Poste anterior de 18 DE OUTUBRO DE 2022 > Guiné 61/74 - P23718: Os nossos seres, saberes e lazeres (533): Trabalhos de pintura da autoria de Jaime Machado, ex-Alf Mil Cav, CMDT do Pel Rec Daimler 2046 (5)

Último poste da série de 22 DE OUTUBRO DE 2022 > Guiné 61/74 - P23729: Os nossos seres, saberes e lazeres (534): Itinerâncias avulsas… Mas saudades sem conto (73): Voltar à minha querida Bruxelas, depois da pandemia - 11 (Mário Beja Santos)

Guiné 61/74 - P23736: Casos: a verdade sobre... (31): Pansau Na Isna, o "herói do Como" (1938 - 1970), entre o mito e a realidade - Parte II: Visto do lado de lá

Guiné > Ilha do Como > 1964 > Op Tridente (de 14 de Janeiro a 24 de Março de 1964) > LDM desembarcando as NT. Foi a maior ou uma das maiores operações realizadas no TO da Guiné, durante toda a guerra (1963/74). Segundo o Mário Dias, as baixas de um lado e doutro foram as seguinte: das NT, 8 Mortos, 15 Feridos; do PAIGC: 76 Mortos (confirmados), 29 Feridos, 9 Prisioneiros... 

Erradamente, ao que parece, demos a seguinte informação no poste P2406, de 4 de janeiro de 2008 (*): "Na batalha do Como, morreu um dos primeiros heróis do PAIGC, o comandante Pansau Na Isna, cuja história poucos jovens guineenses de hoje devem conhecer, apesar de ter dado o nome a uma das principais avenidas de Bissau". 

Foto (e legenda): © Mário Dias (2005). Todos os direitos reservados. [Edição e legendagem complementar: Blogue Luís Graça & Camaradas da Guiné]
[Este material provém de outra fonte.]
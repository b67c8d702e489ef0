//! The move of all pipes' packets from one shelf to another.

ghost use Rattle.std.specs.Prelude.{◌≡◌, ℕ, ◌+◌, ◌≤◌, length};
ghost use Rattle.emu_model.specs.Net.{Net};
ghost use Rattle.packet_store.specs.Pocket.{OthersStay};
ghost use Rattle.pipe_core.specs.Moves.{AreNamed, packet_at};
ghost use Rattle.pipe_core.specs.Rehousing.{Rehouses};
ghost use Rattle.pipe_table.specs.Places.{KeepsPlaces};
ghost use Rattle.pipe_table.specs.Table.{seen_pipes, with_pipes, pipe_keys, IsTable};

use crate::PipeTable;
use packet_store::{Owner, Shelf};
use pipe_core::{Pipe, laws};

impl PipeTable {
    /// Moves all packets of the pipes from one shelf to another, which must have room for them, and
    /// stores the new keys. Does not allocate.
    pub fn rehouse<S: Shelf, T: Shelf>(
        &mut self,
        from: &mut S,
        owner: Owner,
        to: &mut T,
        other: Owner,
    )
        requires named { AreNamed (S.pocket from.old owner) (pipe_keys self.old.pipes) }
        requires budget { (T.pocket to.old other).count + length (pipe_keys self.old.pipes)
            ≤ (T.pocket to.old other).budget }
        requires room { length (pipe_keys self.old.pipes) ≤ T.room to.old other }
        ensures shown { (n : Net) →
            with_pipes (T.pocket to.new other) self.new n
            ≡ with_pipes (S.pocket from.old owner) self.old n }
        ensures moved { Rehouses (S.pocket from.old owner) (S.pocket from.new owner)
            (T.pocket to.old other) (T.pocket to.new other) (pipe_keys self.old.pipes)
            (pipe_keys self.new.pipes) }
        ensures seed { self.new.seed ≡ self.old.seed }
        ensures places { KeepsPlaces self.old.pipes self.new.pipes }
        ensures room { T.room to.old other
            ≤ T.room to.new other + length (pipe_keys self.old.pipes) }
        ensures others_from { OthersStay owner (S.pocket from.old) (S.pocket from.new) }
        ensures others_to { OthersStay other (T.pocket to.old) (T.pocket to.new) }
    {
        rehouse_all(self.pipes.as_mut_slice(), from, owner, to, other);
    }
}

// Moves the packets of pipes, pipe by pipe.
fn rehouse_all<S: Shelf, T: Shelf>(
    pipes: &mut [Pipe],
    from: &mut S,
    owner: Owner,
    to: &mut T,
    other: Owner,
)
    requires named { AreNamed (S.pocket from.old owner) (pipe_keys pipes.old) }
    requires budget { (T.pocket to.old other).count + length (pipe_keys pipes.old)
        ≤ (T.pocket to.old other).budget }
    requires room { length (pipe_keys pipes.old) ≤ T.room to.old other }
    ensures shown { seen_pipes (packet_at (T.pocket to.new other).find) pipes.new
        ≡ seen_pipes (packet_at (S.pocket from.old owner).find) pipes.old }
    ensures moved { Rehouses (S.pocket from.old owner) (S.pocket from.new owner)
        (T.pocket to.old other) (T.pocket to.new other) (pipe_keys pipes.old)
        (pipe_keys pipes.new) }
    ensures table { (seed low : ℕ) → IsTable seed low pipes.old → IsTable seed low pipes.new }
    ensures long { length pipes.new ≡ length pipes.old }
    ensures room { T.room to.old other ≤ T.room to.new other + length (pipe_keys pipes.old) }
    ensures others_from { OthersStay owner (S.pocket from.old) (S.pocket from.new) }
    ensures others_to { OthersStay other (T.pocket to.old) (T.pocket to.new) }
{
    laws::keys_say_all();
    for i in 0..pipes.len() {
        pipes[i].rehouse(from, owner, to, other);
    }
}
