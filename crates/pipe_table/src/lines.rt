//! The lines of a listing.

ghost use Rattle.std.specs.Prelude.{◌≡◌, ℕ, ◌+◌, ◌<◌, ◌≤◌, ◌++◌, length, flat_map};
ghost use Rattle.emu_model.specs.declared.packets.Packet.{Packet};
ghost use Rattle.emu_model.specs.Commands.{pipe_lines};
ghost use Rattle.emu_model.specs.Net.{Net};
ghost use Rattle.packet_store.specs.Pocket.{Pocket};
ghost use Rattle.pipe_core.specs.Keyed.{seen_pipe};
ghost use Rattle.emu_model.specs.declared.records.Record.TheVariants.{InstanceLine};
ghost use Rattle.pipe_table.specs.Table.{with_pipes};

use crate::{PipeTable, RecordLog};
use emu_model::{PipeNumber, Record};
use pipe_core::{Pipe, Shown};

// Returns the line of an instance.
fn instance_line(pipe: PipeNumber, index: usize, shown: Shown) -> Record
    requires { index < 256 }
    ensures { result
        ≡ InstanceLine pipe index shown.waiting shown.bytes shown.busy shown.in_flight shown.drawn }
{
    Record::InstanceLine {
        pipe,
        instance: index as u8,
        waiting: shown.waiting,
        bytes: shown.bytes,
        busy: shown.busy,
        in_flight: shown.in_flight,
        drawn: shown.drawn,
    }
}

// Records the line of a pipe, and those of its instances.
fn show_pipe(pipe: &Pipe, log: &mut RecordLog)
    requires { 1 + length pipe.now.slots ≤ log.old.spare }
    ensures records { (f : ℕ → Packet) →
        log.new.records ≡ log.old.records ++ pipe_lines (seen_pipe f pipe.now) }
    ensures room { log.old.spare ≤ log.new.spare + 1 + length pipe.now.slots }
{
    let number = pipe.number();
    log.note(&Record::PipeLine {
        pipe: number,
        config: pipe.config(),
    });
    for index in 0..pipe.instances() {
        let Some(shown) = pipe.shown(index) else {
            unreachable!();
        };
        log.note(&instance_line(number, index, shown));
    }
}

impl PipeTable {
    /// Returns the number of lines that `show` records: one per pipe, and one per instance.
    pub fn lines(&self) -> usize
        ensures { (p : Pocket) (n : Net) →
            result ≡ length (flat_map pipe_lines (with_pipes p self.now n).pipes) }
    {
        let mut lines = 0;
        for pipe in &self.pipes {
            lines += 1 + pipe.instances();
        }
        lines
    }

    /// Records a line for each pipe, followed by its instances, by number. There must be room for
    /// them.
    pub fn show(&self, log: &mut RecordLog)
        requires { (p : Pocket) (n : Net) →
            length (flat_map pipe_lines (with_pipes p self.now n).pipes) ≤ log.old.spare }
        ensures records { (p : Pocket) (n : Net) →
            log.new.records
            ≡ log.old.records ++ flat_map pipe_lines (with_pipes p self.now n).pipes }
        ensures room { (p : Pocket) (n : Net) →
            log.old.spare
            ≤ log.new.spare + length (flat_map pipe_lines (with_pipes p self.now n).pipes) }
    {
        for pipe in &self.pipes {
            show_pipe(pipe, log);
        }
    }
}
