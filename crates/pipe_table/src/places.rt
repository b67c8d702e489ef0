//! The places of the pipes, by number.

ghost use Rattle.std.specs.Prelude.{◌≡◌, ℕ, ◌<◌, ◌≤◌, Some, length, slice_get};
ghost use Rattle.pipe_core.specs.Keyed.{KeyedPipe};
ghost use Rattle.pipe_table.specs.Places.{AreLed};
ghost use Rattle.pipe_table.specs.Table.{IsTable};

use due_index::NumberTable;
use pipe_core::Pipe;

/// Sets the place of each pipe's number.
pub(crate) fn lead_all(pipes: &[Pipe], places: &mut NumberTable)
    requires few { length pipes.now ≤ 64 }
    requires sorted { (seed : ℕ) × IsTable seed 0 pipes.now }
    requires entries { (i : ℕ) (p : KeyedPipe) → slice_get pipes.now i ≡ Some p →
        p.number < length places.old }
    ensures { AreLed pipes.now places.new }
{
    for place in 0..pipes.len() {
        places.set(pipes[place].number().get(), place);
    }
}
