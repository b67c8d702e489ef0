//! The trace records of a packet's arrival at a pipe.

ghost use Rattle.std.specs.Prelude.{◌≡◌, ℕ, ◌+◌, ◌≤◌, ◌++◌, []};
ghost use Rattle.std.specs.Option.{option_map_or};
ghost use Rattle.emu_model.specs.FlowIds.{flow_id};
ghost use Rattle.emu_model.specs.Net.{Net, arrivals, find_pipe, identify_record};
ghost use Rattle.packet_store.specs.Pocket.{Pocket};
ghost use Rattle.pipe_core.specs.Keyed.{seen_pipe};
ghost use Rattle.pipe_table.specs.Places.{IsRouted, StandsAt};
ghost use Rattle.pipe_table.specs.Table.{with_pipes};

use crate::{PipeTable, RecordLog};
use emu_model::{Mask, Packet, PipeNumber, Record};
use pipe_core::Pipe;

// Returns the record of the instance that a packet creates.
fn identify_record(pipe: &Pipe, now: u64, instance: u8, packet: &Packet) -> Record
    ensures { result ≡ identify_record now pipe.now.number instance
        (flow_id pipe.now.config.mask packet.now) }
{
    let Mask {
        proto,
        src,
        dst,
        sport,
        dport,
    } = pipe.identifier(packet);
    Record::InstanceIdentified {
        moment: now,
        pipe: pipe.number(),
        instance,
        proto,
        src,
        dst,
        sport,
        dport,
    }
}

// Records a packet's arrival at an instance of a pipe, if there is one for it.
fn note_at(pipe: &Pipe, log: &mut RecordLog, now: u64, packet: &Packet)
    requires { 2 ≤ log.old.spare }
    ensures records { (f : ℕ → Packet) →
        log.new.records ≡ log.old.records ++ arrivals now packet.now (seen_pipe f pipe.now) }
    ensures room { log.old.spare ≤ log.new.spare + 2 }
{
    let Some(instance) = pipe.instance_for(packet) else {
        return;
    };
    let arrived = Record::PacketArrived {
        moment: now,
        packet: packet.number,
        pipe: pipe.number(),
        instance,
    };
    if (instance as usize) < pipe.instances() {
        log.note(&arrived);
        return;
    }
    log.note(&identify_record(pipe, now, instance, packet));
    log.note(&arrived);
}

impl PipeTable {
    /// Records a packet's arrival at an instance of a pipe at `now` (ns). If the packet creates the
    /// instance, a record of the instance's flow identifier comes first. Records nothing if there
    /// is no such pipe, or no instance for the packet.
    #[cold]
    #[inline(never)]
    pub fn note_arrival(&self, log: &mut RecordLog, now: u64, number: PipeNumber, packet: Packet)
        requires { 2 ≤ log.old.spare }
        ensures records { (p : Pocket) (n : Net) → log.new.records
            ≡ log.old.records
            ++ option_map_or (arrivals now packet)
            (find_pipe number (with_pipes p self.now n)) [] }
        ensures room { log.old.spare ≤ log.new.spare + 2 }
    {
        let Some(place) = self.place_of(number) else {
            return;
        };
        note_at(&self.pipes[place], log, now, &packet);
    }

    /// Records an arrival like `note_arrival`, given the places of the packet's pipe and of its
    /// instance, which exist.
    #[inline(always)]
    pub fn note_arrival_at(
        &self,
        log: &mut RecordLog,
        now: u64,
        place: usize,
        instance: usize,
        packet: &Packet,
    )
        requires room { 1 ≤ log.old.spare }
        requires route { (k : ℕ) × IsRouted k packet.now place instance self.now.pipes }
        ensures records { (k : ℕ) → StandsAt k place self.now.pipes → (p : Pocket) (n : Net) →
            log.new.records ≡ log.old.records
            ++ option_map_or (arrivals now packet.now) (find_pipe k (with_pipes p self.now n)) [] }
        ensures room { log.old.spare ≤ log.new.spare + 1 }
    {
        let pipe = &self.pipes[place];
        let _count = pipe.instances();
        let Packet { number, .. } = *packet;
        log.note(&Record::PacketArrived {
            moment: now,
            packet: number,
            pipe: pipe.number(),
            instance: instance as u8,
        });
    }
}
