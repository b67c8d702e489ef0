//! The list of records, and the counts.
ghost use Rattle.std.specs.Prelude.{◌≡◌, ℕ, ◌+◌, ◌-◌, ◌^◌, ◌<◌, ◌≤◌, [], ◌∷◌, ◌++◌, slice_index_or, vec_len, vec_capacity, OnOk, IsOk};
ghost use Rattle.pipe_table.specs.Log.{delivered_of, all_drops_of, with_drop};

use emu_model::{DropCause, Record};
use std::alloc::{AllocError, Global};
use std::marker::Model;

/// The records in order, the number of deliveries among them, and the number of drops for each
/// cause.
#[derive(Drop)]
pub struct RecordLog {
    records: Vec<Record>,
    delivered: u64,
    drops: [u64; 8],
}

impl Model for RecordLog {
    ghost use Rattle.std.specs.Prelude.{◌≡◌, ◌-◌, vec_len, vec_capacity};
    ghost use Rattle.pipe_table.specs.Log.{Log, delivered_of, all_drops_of};

    ghost Value = { Log };

    ghost view = { λ l. record {
      records = l.records.items;
      spare = vec_capacity l.records - vec_len l.records;
    } };

    ghost invariant = { λ l. (l.delivered ≡ delivered_of l.records.items)
        × (l.drops ≡ all_drops_of l.records.items) };
}

// Counts a drop.
#[inline(always)]
fn count_drop(drops: &mut [u64; 8], cause: DropCause)
    requires { (k : ℕ) → slice_index_or drops.old k 0 < 2 ^ 63 }
    ensures { drops.new ≡ with_drop drops.old cause }
{
    match cause {
        DropCause::Denied => drops[0] += 1,
        DropCause::NoPipe => drops[1] += 1,
        DropCause::NoInstance => drops[2] += 1,
        DropCause::Lost => drops[3] += 1,
        DropCause::Full => drops[4] += 1,
        DropCause::Codel => drops[5] += 1,
        DropCause::Deleted => drops[6] += 1,
        DropCause::Budget => drops[7] += 1,
    }
}

// Appends a value to a list that has room for it.
#[inline(always)]
fn put<T: Copy>(list: &mut Vec<T>, value: &T)
    requires { vec_len list.old < vec_capacity list.old }
    ensures items { list.new.items ≡ list.old.items ++ value.now ∷ [] }
    ensures room { vec_capacity list.old - vec_len list.old
        ≤ vec_capacity list.new - vec_len list.new + 1 }
{
    list.push_reserved(*value);
}

// The initial capacity for records. It avoids growing the list step by step for the first few.
const FIRST_ROOM: usize = 2048;

impl RecordLog {
    /// Creates an empty log. Does not allocate.
    pub fn new(alloc: Global) -> Self
        ensures { result.records ≡ [] }
    {
        RecordLog {
            records: Vec::new(alloc),
            delivered: 0,
            drops: [0; 8],
        }
    }

    /// Reserves room for `additional` more records.
    #[inline(always)]
    pub fn reserve(&mut self, additional: usize) -> Result<(), AllocError>
        ensures ready { OnOk result (additional ≤ self.new.spare) }
        ensures succeeds { additional ≤ self.old.spare → IsOk result }
        ensures records { self.new.records ≡ self.old.records }
        ensures room { self.old.spare ≤ self.new.spare }
    {
        if additional <= self.records.capacity() - self.records.len() {
            return Ok(());
        }
        self.grow(additional)
    }

    // Reserves room like `reserve`, for a log that is full.
    #[cold]
    #[inline(never)]
    fn grow(&mut self, additional: usize) -> Result<(), AllocError>
        ensures ready { OnOk result (additional ≤ self.new.spare) }
        ensures succeeds { additional ≤ self.old.spare → IsOk result }
        ensures records { self.new.records ≡ self.old.records }
        ensures room { self.old.spare ≤ self.new.spare }
    {
        if self.records.capacity() == 0 {
            // The larger initial capacity is optional, so its failure is ignored.
            let _ = self.records.reserve(FIRST_ROOM);
        }
        self.records.reserve(additional)
    }

    /// Appends a record, for which there must be room.
    #[inline(always)]
    pub fn note(&mut self, entry: &Record)
        requires { 0 < self.old.spare }
        ensures records { self.new.records ≡ self.old.records ++ entry.now ∷ [] }
        ensures room { self.old.spare ≤ self.new.spare + 1 }
    {
        match entry {
            Record::PacketDelivered { .. } => self.delivered += 1,
            Record::PacketDropped { cause, .. } => count_drop(&mut self.drops, *cause),
            _ => {}
        }
        put(&mut self.records, entry);
    }

    /// Removes all records. Keeps the allocation.
    pub fn clear(&mut self)
        ensures records { self.new.records ≡ [] }
        ensures room { self.old.spare ≤ self.new.spare }
    {
        self.records.clear();
        self.delivered = 0;
        self.drops = [0; 8];
    }

    /// Returns the records in order.
    pub fn as_slice(&self) -> &[Record]
        ensures { result.now ≡ self.now.records }
    {
        self.records.as_slice()
    }

    /// Returns the number of delivered packets.
    pub fn delivered_count(&self) -> u64
        ensures { result ≡ delivered_of self.now.records }
    {
        self.delivered // counted by `note`
    }

    /// Returns the number of dropped packets by cause, from `Denied` to `Budget`.
    pub fn drops(&self) -> [u64; 8]
        ensures { result ≡ all_drops_of self.now.records }
    {
        self.drops
    }

    /// Converts the log into a `Vec`, which has no capacity if it is empty. Does not allocate.
    pub fn into_vec(self) -> Vec<Record>
        ensures records { result.items ≡ self.records }
        ensures room { vec_len result ≡ 0 → vec_capacity result ≡ 0 }
    {
        let RecordLog { mut records, .. } = self;
        if records.is_empty() {
            // A run has many finished experiments. None of them keeps capacity for records that it
            // discarded.
            records.shrink_to_fit();
        }
        records
    }
}
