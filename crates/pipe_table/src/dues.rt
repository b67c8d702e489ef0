//! The first due among the pipes.

ghost use Rattle.std.specs.Prelude.{◌≡◌, ℕ, ◌+◌, ◌*◌, ◌<◌, ◌≤◌, ◌++◌, length, Some, option_map, option_to_list, flat_map, slice_get, slice_set, IsTrue, IfSome, vec_len, vec_capacity, OnOk, OnErr};
ghost use Rattle.std.specs.List.{sum_by};
ghost use Rattle.emu_model.specs.declared.packets.Packet.{Packet};
ghost use Rattle.emu_model.specs.Dues.{due, pipe_dues};
ghost use Rattle.due_index.specs.Least.{least_of};
ghost use Rattle.emu_model.specs.Net.{Net};
ghost use Rattle.packet_store.specs.Pocket.{Pocket};
ghost use Rattle.pipe_core.specs.Keyed.{seen_pipe};
ghost use Rattle.pipe_core.specs.Leaves.{pipe_due};
ghost use Rattle.pipe_table.specs.Table.{with_pipes, IsExitDue, IsFinishDue, IsPiped};
ghost use Rattle.pipe_table.specs.Leaves.{AreIndexed};
ghost use Rattle.pipe_table.specs.Reach.{instance_dues};

use crate::PipeTable;
use due_index::{DueIndex, DueNumber};
use emu_model::{Due, Source};
use pipe_core::Pipe;
use std::alloc::AllocError;

/// Recomputes the due of each pipe.
pub(crate) fn index_all(pipes: &[Pipe], dues: &mut DueIndex)
    requires { length pipes.now ≤ length dues.old.leaves + dues.old.spare }
    ensures { AreIndexed pipes.now dues.new }
{
    dues.clear();
    for pipe in pipes {
        dues.push(pipe.least());
    }
}

// Appends an optional due.
fn append(dues: &mut Vec<Due>, source: Source, moment: Option<u64>)
    requires { vec_len dues.old + 1 ≤ vec_capacity dues.old }
    ensures items { dues.new.items
        ≡ dues.old.items ++ option_to_list (option_map (due source.class source.number) moment) }
    ensures length { vec_len dues.new ≤ vec_len dues.old + 1 }
    ensures capacity { vec_capacity dues.new ≡ vec_capacity dues.old }
{
    if let Some(moment) = moment {
        dues.push_reserved(Due { moment, source });
    }
}

// Appends the dues of one instance.
fn add_at(pipe: &Pipe, index: usize, dues: &mut Vec<Due>)
    requires inside { index < length pipe.now.slots }
    requires few { index < 256 }
    requires room { vec_len dues.old + 2 ≤ vec_capacity dues.old }
    ensures items { (f : ℕ → Packet) →
        dues.new.items ≡ dues.old.items ++ instance_dues f pipe.now index }
    ensures length { vec_len dues.new ≤ vec_len dues.old + 2 }
    ensures capacity { vec_capacity dues.new ≡ vec_capacity dues.old }
{
    let there = pipe.dues(index);
    let place = index as u8;
    append(dues, Source::exit(pipe.number(), place), there.exit);
    append(dues, Source::finish(pipe.number(), place), there.finish);
}

// Appends the dues of one pipe.
fn add_in(pipe: &Pipe, dues: &mut Vec<Due>)
    requires { vec_len dues.old + 2 * length pipe.now.slots ≤ vec_capacity dues.old }
    ensures items { (f : ℕ → Packet) →
        dues.new.items ≡ dues.old.items ++ pipe_dues (seen_pipe f pipe.now) }
    ensures length { vec_len dues.new ≤ vec_len dues.old + 2 * length pipe.now.slots }
    ensures capacity { vec_capacity dues.new ≡ vec_capacity dues.old }
{
    for index in 0..pipe.instances() {
        add_at(pipe, index, dues);
    }
}

impl PipeTable {
    /// Returns the earliest of an optional due and those of all pipes, by time, class and number;
    /// the first of equal ones. Does not traverse the pipes.
    #[inline(always)]
    pub fn earliest(&self, best: DueNumber) -> DueNumber
        ensures least { (p : Pocket) (n : Net) → result
            ≡ least_of (option_to_list best ++ flat_map pipe_dues (with_pipes p self.now n).pipes) }
        ensures finishing { IfSome best (λ d. IsFinishDue d self.now.pipes) →
            IfSome result (λ d. IsFinishDue d self.now.pipes) }
        ensures leaving { IfSome best (λ d. IsExitDue d self.now.pipes) →
            IfSome result (λ d. IsExitDue d self.now.pipes) }
        ensures piped { IfSome best IsPiped → IfSome result IsPiped }
    {
        best.or_earlier(self.dues.least())
    }

    /// Appends the dues of all pipes, pipe by pipe and instance by instance. If allocation fails,
    /// `dues` is unchanged; that is possible only if `dues` has no room for two dues per instance.
    pub fn add_dues(&self, dues: &mut Vec<Due>) -> Result<(), AllocError>
        ensures ok { OnOk result
            ((p : Pocket) (n : Net) →
            dues.new.items ≡ dues.old.items ++ flat_map pipe_dues (with_pipes p self.now n).pipes) }
        ensures err { OnErr result (dues.new.items ≡ dues.old.items) }
        ensures full { OnErr result
            (vec_capacity dues.old
            < vec_len dues.old + 2 * sum_by (λ p. length p.slots) self.now.pipes) }
    {
        dues.reserve(2 * self.instances())?;
        for pipe in &self.pipes {
            add_in(pipe, dues);
        }
        Ok(())
    }

    // Returns the number of instances of all pipes.
    fn instances(&self) -> usize
        ensures sum { result ≡ sum_by (λ p. length p.slots) self.now.pipes }
        ensures few { result ≤ 64 * 256 }
    {
        let mut instances = 0;
        for pipe in &self.pipes {
            instances += pipe.instances();
        }
        instances
    }
}
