//! The pipes of one experiment by number (ipfw(8), traffic shaper), over any shelf of packets, and
//! the log of the experiment's records, with packet counts (our choice).
#![tactic(auto)]

mod arrivals;
mod dues;
mod lines;
mod log;
mod places;
mod rehousing;
mod table;

pub use log::RecordLog;
pub use table::{ConfigureError, PipeTable};
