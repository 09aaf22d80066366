//! Constants (JVMS 4.4).

ghost use Rattle.std.specs.Prelude.{◌≡◌};

use jl_names::Text;

/// A constant as it stands in a class file. It names another constant by its number.
#[derive(Debug, Drop)]
pub enum Constant<'a> {
    Utf8(Text<'a>),
    /// The bits of the value, here and in the three below.
    Integer(u32),
    Float(u32),
    Long(u64),
    Double(u64),
    Class(u16),
    String(u16),
    /// A class and a name and type, here and in the two below.
    Fieldref(u16, u16),
    Methodref(u16, u16),
    InterfaceMethodref(u16, u16),
    /// A name and a descriptor.
    NameAndType(u16, u16),
    /// A kind, and what it refers to.
    MethodHandle(u8, u16),
    MethodType(u16),
    /// A number among the bootstrap methods, and a name and type, here and below.
    Dynamic(u16, u16),
    InvokeDynamic(u16, u16),
    Module(u16),
    Package(u16),
}

impl<'a> Constant<'a> {
    ghost use Rattle.jl_pool.specs.Constants.{tag};

    /// The byte that tells its kind (JVMS SE 17 §4.4, table 4.4-A).
    pub fn tag(&self) -> u8
        ensures { result ≡ tag self.now }
    {
        match self {
            Constant::Utf8(_) => 1,
            Constant::Integer(_) => 3,
            Constant::Float(_) => 4,
            Constant::Long(_) => 5,
            Constant::Double(_) => 6,
            Constant::Class(_) => 7,
            Constant::String(_) => 8,
            Constant::Fieldref(_, _) => 9,
            Constant::Methodref(_, _) => 10,
            Constant::InterfaceMethodref(_, _) => 11,
            Constant::NameAndType(_, _) => 12,
            Constant::MethodHandle(_, _) => 15,
            Constant::MethodType(_) => 16,
            Constant::Dynamic(_, _) => 17,
            Constant::InvokeDynamic(_, _) => 18,
            Constant::Module(_) => 19,
            Constant::Package(_) => 20,
        }
    }
}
Guiné > PAIGC > A Libertação do Komo. In: O Nosso Primeiro Livro de Leitura, p. 31. Departamento Secretariado, Informação, Cultura e Formação de Quadros do Comité Central do PAIGC, 1966 (1). 

Foto: © A. Marques Lopes  / Blogue Luís Graça & Camaradas da Guiné (2007) 


Infografia: © Mário Dias / Blogue Luís Graça & Camaradas da Guiné (2005)

4. Quem foi Pansau Na Isna?  Sabemos pouco da sua vida, é um dos heróis nacionais da Guiné-Bissau, que tem nome de avenida no centro histórico da velha Bissau colonial. 

A Av Pansau Na Isna (antiga Av Alm Américo Tomás) é, a par da Av Domingos Ramos (antiga Av Governador Carvalho Viegas), uma das paralelas à Av Amílcar Cabral (a antiga Avenida da República). Os seus restos mortais repousam no Mausoléu Amílcar Cabral e dos Antigos Combatentes da Liberdade da Pátria, na Fortaleza de Amura.

Já vimos algumas versões sobre quem foi este homem, que para os guineenses é sobretudo o "herói do Como" (tinha 26 anos quando comandou os 300 guerrilheiros que os portugueses enfrentaram no decurso da Op Tridente). Para os portugueses (ou os "tugas") que o combateram, tende a ser visto como um valente combatente balanta e sobretudo como uma figura  "excêntrica", do qual se sabia pouco, no nosso tempo (anos 60/70),  oscilando "entre o mito e a realidade" (**).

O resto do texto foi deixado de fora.